Однако в реальной жизни Маргарет Митчелл совершила как раз бессознательный переход от Скарлетт к Мелани, второстепенной героине, которая не так удачлива, но больше, чем успех, ценит краткие минуты тихого счастья. Действительно, сама писательница никогда не поступала подобно Скарлетт, — пуританское воспитание, ориентиры на высокоморальные, одобренные обществом установки не позволили бы этого сделать. Но в мыслях ей хотелось быть не только положительной женщиной, но и женщиной могущественной в своем блеске, причем чтобы природа могущества проистекала из страсти. Скарлетт О’Хара — лишь часть Маргарет Митчелл, и часть тайная, как река, не выходящая из берегов, однако жаждущая этого.
В самой Маргарет долгое время боролись личность и самка. Победила личность, однако самка, заглушенная, не смирилась, а лишь притихла, оставив идею мятежа. В Скарлетт, напротив, победила самка. Она достигает только внешнего успеха, гармония же с навечно усыпленной личностью невозможна. Для писательницы это особый способ лечебной сублимации, для читателей — отличный образ. Но не известно, пример ли для подражания. Тут опять-таки каждая женщина может сделать лишь свой индивидуальный выбор.
Часть вторая. Поучительные подсказки несостоявшихся принцесс и королев
Глава первая. Ясная поляна: Неудачное балансирование
Частная жизнь Льва Толстого и Софьи Берс тем и примечательна для любого строителя собственного семейного счастья, что она многими описана подробно и придирчиво, и главное — предельно достоверно. Прежде всего, самими Львом Николаевичем и Софьей Андреевной в интимных дневниках, а уж затем — целым сонмом исследователей, а также лицами из окружения известной семьи. Пожалуй, в истории не было более откровенных и честных рассказчиков о собственных противоречивых импульсах, чем автор
Избыточность материала о жизни гения требует максимально сжато представить ключевые особенности семейного балансирования двух стоиков (ведь и в семейном счастье, и в умирании любви всегда замешаны двое). Начинали они возделывать семейное поле с завидным усердием, без робости пользовались матримониальным самоубеждением в наличии любви, и приливы трогательных воздыханий, смешанные с отливами прохладного ропота, длились около девяти лет. Еще пять последующих лет шаткое, построенное на иллюзиях согласие медленно и неотвратимо угасало, натыкаясь на духовный разлад и существенные противоречия в понимании самого мироздания. Наконец, оставшиеся годы из почти полувека совместной жизни отражают скорее муки терпения женщины, крен мужчины к почти полной отрешенности и общий фатализм движения семейного корабля[2]

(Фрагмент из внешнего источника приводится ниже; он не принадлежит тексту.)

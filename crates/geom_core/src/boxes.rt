ghost use Rattle.std.specs.Prelude.{◌≡◌, fold};
ghost use Rattle.geom_core.specs.Boxes.{high_of, holds_box, hull_of, is_under, join_of, low_of, point_box};
ghost use Rattle.geom_core.specs.Distance.{box_distance, outside};

use crate::points::Pt;

/// An axis-aligned bounding box (AABB), faces included: the points from `lo` to `hi` on each axis.
///
/// The type does not require `lo` to be at most `hi` on each axis; if it is not, no point is in the box.
#[derive(Clone, Copy, Debug, PartialEq, Eq)]
pub struct Cube {
    /// The corner of least x, y and z.
    pub lo: Pt,
    /// The corner of greatest x, y and z.
    pub hi: Pt,
}

/// Returns the lesser coordinate of the two points on each axis.
fn low(p: Pt, q: Pt) -> Pt
    ensures { result ≡ low_of p q }
{
    Pt {
        x: p.x.min(q.x),
        y: p.y.min(q.y),
        z: p.z.min(q.z),
    }
}

/// Returns the greater coordinate of the two points on each axis.
fn high(p: Pt, q: Pt) -> Pt
    ensures { result ≡ high_of p q }
{
    Pt {
        x: p.x.max(q.x),
        y: p.y.max(q.y),
        z: p.z.max(q.z),
    }
}

/// Whether p is at most q on each axis.
#[tactic(auto, unfolding(crate::specs::Boxes::is_under))]
fn is_under(p: Pt, q: Pt) -> bool
    ensures { result ≡ is_under p q }
{
    p.x <= q.x && p.y <= q.y && p.z <= q.z
}

/// Returns how far a coordinate lies outside the range from `lo` to `hi`; 0 within it.
#[tactic(auto, unfolding(crate::specs::Distance::outside))]
fn outside(lo: i32, hi: i32, v: i32) -> u32
    ensures { result ≡ outside lo hi v }
{
    if v < lo {
        lo.abs_diff(v)
    } else if hi < v {
        v.abs_diff(hi)
    } else {
        0
    }
}

/// Returns the box that holds this point alone.
fn point_box(p: Pt) -> Cube
    ensures { result ≡ point_box p }
{
    Cube { lo: p, hi: p }
}

/// Returns the smallest box that holds the box and the points.
fn widened(start: Cube, points: &[Pt]) -> Cube
    ensures { result ≡ fold (λ box q. join_of box (point_box q)) start points.now }
{
    let mut hull = start;
    for point in points {
        hull = hull.join(point_box(*point));
    }
    hull
}

impl Cube {
    /// Returns the smallest box that holds the points, or `None` if there is no point.
    pub fn hull(points: &[Pt]) -> Option<Cube>
        ensures hull { result ≡ hull_of points.now }
    {
        let (first, rest) = points.split_first()?;
        Some(widened(point_box(*first), rest))
    }

    /// Returns the smallest box that holds both boxes.
    #[tactic(auto, unfolding(crate::specs::Boxes::join_of))]
    pub fn join(self, other: Cube) -> Cube
        ensures join { result ≡ join_of self other }
    {
        Cube {
            lo: low(self.lo, other.lo),
            hi: high(self.hi, other.hi),
        }
    }

    /// Whether the other box lies in this one, faces included.
    #[tactic(auto, unfolding(crate::specs::Boxes::holds_box))]
    pub fn contains(self, other: Cube) -> bool
        ensures held { result ≡ holds_box self other }
    {
        is_under(self.lo, other.lo) && is_under(other.hi, self.hi)
    }

    /// Returns the Chebyshev distance from the box to the point, in grid steps; 0 if the point is in the box.
    #[tactic(auto, unfolding(crate::specs::Distance::box_distance))]
    pub fn distance_to(self, p: Pt) -> u32
        ensures distance { result ≡ box_distance self p }
    {
        let x = outside(self.lo.x, self.hi.x, p.x);
        let y = outside(self.lo.y, self.hi.y, p.y);
        let z = outside(self.lo.z, self.hi.z, p.z);
        x.max(y.max(z))
    }
}
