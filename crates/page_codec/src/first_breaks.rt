ghost use Rattle.std.specs.Prelude.{◌≡◌, ◌≤◌, ◌<◌, ◌*◌, ◌^◌, length};
ghost use Rattle.dag_core.specs.Ranges.{AreCountsInRange};
ghost use Rattle.page_codec.specs.Breaks.{first_directory_break, first_of, page_breaks};
ghost use Rattle.page_codec.specs.Spelling.{directory_length};

use crate::breaks::Break;
use crate::kinds::{GroupRules, HeadRules, TailRule, TriangleRules};
use crate::record_rules::first_break;
use crate::sizes::{CLUSTER_BYTES, GROUP_BYTES};
use dag_core::Counts;
use geom_core::limits::TRIANGLE_BYTES;

/// Returns the first break of a page of `count` triangles, in a file with this number of source triangles.
pub(crate) fn first_page_break(bytes: &[u8], sources: u32, count: u32) -> Option<Break>
    requires length { TRIANGLE_BYTES * count ≤ length bytes.now }
    requires page { length bytes.now < 2 ^ 32 }
    ensures first { result ≡ first_of (page_breaks sources count bytes.now) }
{
    if let Some(found) = first_break(&TriangleRules { sources }, bytes, 0, count) {
        return Some(found);
    }
    let end = TRIANGLE_BYTES * count;
    let tail = &bytes[end as usize..];
    first_break(&TailRule {}, tail, end, tail.len() as u32)
}

/// Returns the first break of a directory with these counts.
pub(crate) fn first_directory_break(bytes: &[u8], counts: &Counts) -> Option<Break>
    requires counts { AreCountsInRange counts.now }
    requires length { length bytes.now ≡ directory_length counts.now }
    ensures first { result ≡ first_directory_break counts.now bytes.now }
{
    let groups = GroupRules { counts: *counts };
    if let Some(found) = first_break(&groups, bytes, 0, counts.groups) {
        return Some(found);
    }
    let end = GROUP_BYTES * counts.groups;
    let heads = HeadRules { counts: *counts };
    first_break(&heads, &bytes[end as usize..], end, counts.clusters)
}
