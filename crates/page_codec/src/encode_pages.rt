ghost use Rattle.std.specs.Prelude.{◌≡◌, ◌≤◌, ◌<◌, ◌+◌, ◌++◌, List, IfSome, drop, length, take};
ghost use Rattle.std.specs.List.{flat_map};
ghost use Rattle.dag_core.specs.TriangleRules.{IsLaidOut};
ghost use Rattle.page_codec.specs.PageLinks.{IsIndexOf};
ghost use Rattle.page_codec.specs.Spelling.{cluster_bytes, clusters_bytes, page_bytes, page_in};

use crate::page_indexes::PageIndex;
use crate::records::triangle_record;
use crate::walk::{first_group, next_group};
use dag_core::Dag;
use geom_core::limits::{PAGE_BYTES, TRIANGLE_BYTES};
use geom_core::{Tagged, TaggedTris};

/// Writes a cluster from byte `at` on. Returns the place after it.
fn write_cluster(tris: &[Tagged], at: usize, into: &mut [u8]) -> usize
    requires room { at + length (cluster_bytes tris.now) ≤ length into.old }
    ensures end { result ≡ at + length (cluster_bytes tris.now) }
    ensures written { take result into.new ≡ take at into.old ++ cluster_bytes tris.now }
{
    let mut end = at;
    'triangles: for t in tris {
        let next = end + TRIANGLE_BYTES as usize;
        into[end..next].copy_from_slice(&triangle_record(*t));
        end = next;
    }
    end
}

/// Writes the clusters from byte `at` on. Returns the place after them.
fn write_clusters(clusters: &[TaggedTris], at: usize, into: &mut [u8]) -> usize
    requires room { at + length (flat_map cluster_bytes clusters.now) ≤ length into.old }
    ensures end { result ≡ at + length (flat_map cluster_bytes clusters.now) }
    ensures written { take result into.new ≡ take at into.old ++ flat_map cluster_bytes clusters.now }
{
    let mut end = at;
    'clusters: for tris in clusters {
        end = write_cluster(tris.as_slice(), end, into);
    }
    end
}

/// Writes `count` clusters, from number `first` on, from byte `at` on. Returns the place after them.
fn write_members(tris: &[TaggedTris], first: u32, count: u32, at: usize, into: &mut [u8]) -> usize
    requires members { first + count ≤ length tris.now }
    requires room { at + length (flat_map cluster_bytes (take count (drop first tris.now)))
        ≤ length into.old }
    ensures end { result ≡ at + length (flat_map cluster_bytes (take count (drop first tris.now))) }
    ensures written { take result into.new
        ≡ take at into.old ++ flat_map cluster_bytes (take count (drop first tris.now)) }
{
    let (_before, rest) = tris.split_at(first as usize);
    let (members, _after) = rest.split_at(count as usize);
    write_clusters(members, at, into)
}

/// Writes the clusters on the page. Returns the place after them.
fn write_page(dag: &Dag, index: Option<&PageIndex>, page: u32, into: &mut [u8]) -> usize
    requires laid_out { IsLaidOut dag.now }
    requires page_range { page < dag.now.heads.pages }
    requires index { IfSome index (λ links. IsIndexOf dag.now.heads links.now) }
    requires room { length into.old ≡ PAGE_BYTES }
    ensures end { result ≡ length (clusters_bytes (page_in dag.now page).clusters) }
    ensures written { take result into.new ≡ clusters_bytes (page_in dag.now page).clusters }
    ensures room { result ≤ PAGE_BYTES }
{
    let groups = dag.heads.groups.as_slice();
    let mut end = 0;
    let mut g = first_group(&dag.heads, index, page);
    'groups: while (g as usize) < groups.len() {
        let group = groups[g as usize];
        end = write_members(dag.tris.as_slice(), group.first, group.count, end, into);
        g = next_group(&dag.heads, index, g);
    }
    end
}

/// Writes the page, with or without an index of the DAG's pages.
fn encode(dag: &Dag, index: Option<&PageIndex>, page: u32, into: &mut [u8])
    requires laid_out { IsLaidOut dag.now }
    requires page_range { page < dag.now.heads.pages }
    requires index { IfSome index (λ links. IsIndexOf dag.now.heads links.now) }
    requires room { length into.old ≡ PAGE_BYTES }
    ensures page { into.new ≡ page_bytes (page_in dag.now page) }
{
    let end = write_page(dag, index, page, into);
    into[end..].fill(0);
}

/// Writes page `page` of a laid-out DAG, whatever was there. It takes no memory. All groups are looked at; for many
/// pages see `encode_page_by`.
pub fn encode_page(dag: &Dag, page: u32, into: &mut [u8; PAGE_BYTES as usize])
    requires laid_out { IsLaidOut dag.now }
    requires page_range { page < dag.now.heads.pages }
    ensures page { into.new ≡ page_bytes (page_in dag.now page) }
{
    encode(dag, None, page, into);
}

/// Writes a page as `encode_page` does. The groups on the page come from the index, in time in proportion to them.
pub fn encode_page_by(dag: &Dag, index: &PageIndex, page: u32, into: &mut [u8; PAGE_BYTES as usize])
    requires laid_out { IsLaidOut dag.now }
    requires page_range { page < dag.now.heads.pages }
    requires index { IsIndexOf dag.now.heads index.now }
    ensures page { into.new ≡ page_bytes (page_in dag.now page) }
{
    encode(dag, Some(index), page, into);
}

.Не напиши Лев Толстой бессмертных произведений, современники, верно, считали бы его сумасшедшим. Или, как минимум, чудаковатым отшельником, обитающим вне контекста времени и социальных традиций. В самом деле: вместо заботы о собственных детях он думал о бедствиях народа. Будучи графом и имея достаточно средств, собственноручно мастерил калоши, косил, пахал землю, жил, подобно простому мужику. Наконец, общению с себе подобными предпочитал чтение экстравагантного Конфуция и еще мало известного в те времена Шопенгауэра. «Асоциальный тип!» — воскликнул бы обыватель. «Проблематичный муж!» — сразу сообразили бы дамы. А молоденькая Софья Берс просто и безбоязненно впряглась в семейную лямку, как это положено было в подобных случаях, — все восемнадцать лет ее готовили именно к такому делу всей жизни.
Впрочем, относительно Толстого так и хочется воскликнуть: выкристаллизованный, выстраданный семейный сценарий можно считать лучшим из возможных для самого писателя, ибо всякая попытка создать наяву задуманный в воображении идеал изначально обречена на провал! Реальность, как известно, уступает представлениям в яркости. Что же касается подруги жизни мастодонта литературы, то для нее в те времена коридор возможностей был совсем узок, российская патриархальная традиция держала ее крепко, как и большинство девушек, в стальных тисках предопределенной роли. Но поскольку задачей данного анализа является выявление полезных элементов женских семейных стратегий, то и внимание будет сосредоточенно на Софье, а не на ее супруге.